Lebih jauh alumnus Akabri 1984 ini menyatakan jika saat ini ancaman terhadap kedaulatan Indonesia sangatlah kompleks dan multi dimensional, baik ancaman militer maupun non militer, serta ancaman yang bersifat hibrida.

“Ancaman non militer berupa ancaman ideologi, legislasi, teknologi, politik, ekonomi, sosial, dan kesejahteraan umum, sedangkan ancaman militer berupa agresi dan non agresi. Sementara ancaman hibrida merupakan perpaduan dari kedua ancaman tersebut,” bebernya.

Lebih lanjut Munir menjelaskan, ancaman-ancaman tersebut terbagi dalam dua bentuk, yakni ancaman belum nyata dan ancaman nyata.

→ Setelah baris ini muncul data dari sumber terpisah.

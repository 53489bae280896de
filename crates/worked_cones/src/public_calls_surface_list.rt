//! The calls of `surface_list`, each once with its type.
use cone_core::Ray;
use double_description::{EnumFault, Order};
use matching_equations::Coords;
use out_of_memory::NoMemory;
use skeleton::Skeleton;
use std::alloc::Global;
use surface_list::{surfaces, write_list};

#[test]
fn calls_have_their_types(_rt: HostRuntime) {
    let _surfaces: fn(Global, &Skeleton, Coords, Order, u128) -> Result<Vec<Ray>, EnumFault> =
        surfaces;
    let _write_list: fn(Global, &[Ray], &mut Vec<u8>) -> Result<(), NoMemory> = write_list;
}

Ancaman belum nyata, terang Munir, adalah konflik terbuka atau perang konvensional.

“Yang perlu kita waspadai sekarang adalah ancaman nyata yang kenyataannnya dapat terjadi secara tiba-tiba, dan sulit diprediksi. Ancaman nyata tersebut dapat berupa terorisme, radikalisme, bencana alam, wabah penyakit, perompakan, pencurian kekayaan alam, spionase, pelanggaran batas wilayah, serangan cyber, serta peredaran dan penyalahgunaan narkoba,” tukas Munir.

Untuk mengatasi ancaman yang semakin beragam, ucap Munir, Indonesia perlu kembali menata kekuatan cadangan pertahanannya, salah satu caranya adalah dengan menata dan membangun sumber daya nasional, khususnya sumber daya alam sebagai perencanaan dan pendukung.

“Komponen yang berkualitas akan menyokong negara untuk mencapai kesejahteraan dan menjamin keamanan rakyatnya,” kata alumnus Sekolah Staf dan Komando Angkatan Darat tahun 2000 ini.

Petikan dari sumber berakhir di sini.